## WHAT TO PRODUCE:
The required output is the exact sequence of lines from the line holding "let Some(&count) = table.get(at)" to the end of the records, inclusive.

## INPUT FOR THIS TASK:
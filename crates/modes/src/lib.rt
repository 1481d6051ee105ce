// The mode table: whether it is in order, and what it says of a Concept's name.
// Document 01, "The mode table", and refusal 1.
#![tactic(auto)]

pub mod index;

ghost use Rattle.std.specs.Prelude.{◌≡◌, ◌≤◌, length, drop};
ghost use Rattle.paper.specs.Modes.{mode_of};
ghost use Rattle.modes.specs.Promises.{ReadsTable};
ghost use Rattle.modes.specs.Table.{name_at, one, told_name, told_of, modes_of};
ghost use Rattle.modes.specs.Index.{Empty, Due, ReadsSection, Indexed, Indexed-prop, ReadsInto};

use index::{CELLS, Index};
use paper::{Accepted, Answer, Mode, Refusal, Refused};

// A section has at most so many names.
const SECTION_LIMIT: usize = 64;

// Reads a table: an acceptance has its length and the names of both sections.
pub fn read(table: &[u8]) -> Answer
    ensures { ReadsTable table.now result }
{
    let mut index = [0; CELLS];
    read_into(table, &mut index)
}

// Reads a table as `read` does, and lists its names in an index that is empty.
pub fn read_into(table: &[u8], index: &mut Index) -> Answer
    requires { Empty index.old }
    ensures { ReadsInto table.now result index.new }
{
    let first = read_section(table, 0, 0, index)?;
    let second = read_section(table, first.place, first.count, index)?;
    if second.place < table.len() {
        return Err(Refusal::Table.at(second.place));
    }
    Ok(Accepted {
        place: second.place,
        count: first.count + second.count,
    })
}

// A mode table that is in order, with the index of its names.
#[derive(Clone, Copy)]
pub struct Modes<'a> {
    pub table: &'a [u8],
    pub index: &'a Index,
    pub ghost indexed: { Indexed table.now index.now } by { Indexed-prop table.now index.now },
}

impl Modes<'_> {
    // What the table says of a name. The first names are in children mode, and the table's first byte says how many they are.
    pub fn mode_of(&self, name: &[u8]) -> Mode
        ensures { result ≡ mode_of (modes_of self.now.table.now) name.now }
    {
        match index::find(self.table, self.index, index::key(name), name) {
            None => Mode::Absent,
            Some(number) if number <= self.table[0] as usize => Mode::Children,
            Some(_) => Mode::Content,
        }
    }
}

// Reads the section at `at`, behind the first `earlier` names of the table, and lists its names in the index; none of them may be listed
// already. An acceptance has the place past the section and how many names it has.
fn read_section(table: &[u8], at: usize, earlier: usize, index: &mut Index) -> Answer
    requires { Due table.now at earlier index.old }
    ensures { ReadsSection table.now at earlier result index.new }
{
    let Some(&count) = table.get(at) else {
        return Err(Refusal::Table.at(at));
    };
    let count = count as usize;
    if SECTION_LIMIT < count {
        return Err(Refusal::Table.at(at));
    }
    let mut place = at + 1;
    for i in 0..count {
        let end = read_name(table, place)?;
        let letters = place + 1;
        let name = &table[letters..end];
        let key = index::key(name);
        if index::find(table, index, key, name).is_some() {
            return Err(Refusal::Table.at(letters));
        }
        index::add(index, earlier + i + 1, key, place);
        place = end;
    }
    Ok(Accepted { place, count })
}

// Reads the name whose length byte is at `at`, by itself, and answers the place past it.
fn read_name(table: &[u8], at: usize) -> Result<usize, Refused>
    requires { at ≤ length table.now }
    ensures { told_name result ≡ told_of one table.now (name_at (drop at table.now)) }
{
    let Some(&size) = table.get(at) else {
        return Err(Refusal::Table.at(at));
    };
    let size = size as usize;
    if size == 0 || names::LIMIT < size {
        return Err(Refusal::Table.at(at));
    }
    let letters = at + 1;
    // Not by a `get`: the compiler would no longer see that the letters are few, and take ten instructions more for each name.
    if table.len() - letters < size {
        return Err(Refusal::Table.at(table.len()));
    }
    let end = letters + size;
    if !names::is_concept_name(&table[letters..end]) {
        return Err(Refusal::Table.at(letters));
    }
    Ok(end)
}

## WRITTEN SOLUTION:
    let Some(&count) = table.get(at) else {
        return Err(Refusal::Table.at(at));
    };
    let count = count as usize;
    if SECTION_LIMIT < count {
        return Err(Refusal::Table.at(at));
    }
    let mut place = at + 1;
    for i in 0..count {
        let end = read_name(table, place)?;
        let letters = place + 1;
        let name = &table[letters..end];
        let key = index::key(name);
        if index::find(table, index, key, name).is_some() {
            return Err(Refusal::Table.at(letters));
        }
        index::add(index, earlier + i + 1, key, place);
        place = end;
    }
    Ok(Accepted { place, count })
}

// Reads the name whose length byte is at `at`, by itself, and answers the place past it.
fn read_name(table: &[u8], at: usize) -> Result<usize, Refused>
    requires { at ≤ length table.now }
    ensures { told_name result ≡ told_of one table.now (name_at (drop at table.now)) }
{
    let Some(&size) = table.get(at) else {
        return Err(Refusal::Table.at(at));
    };
    let size = size as usize;
    if size == 0 || names::LIMIT < size {
        return Err(Refusal::Table.at(at));
    }
    let letters = at + 1;
    // Not by a `get`: the compiler would no longer see that the letters are few, and take ten instructions more for each name.
    if table.len() - letters < size {
        return Err(Refusal::Table.at(table.len()));
    }
    let end = letters + size;
    if !names::is_concept_name(&table[letters..end]) {
        return Err(Refusal::Table.at(letters));
    }
    Ok(end)
}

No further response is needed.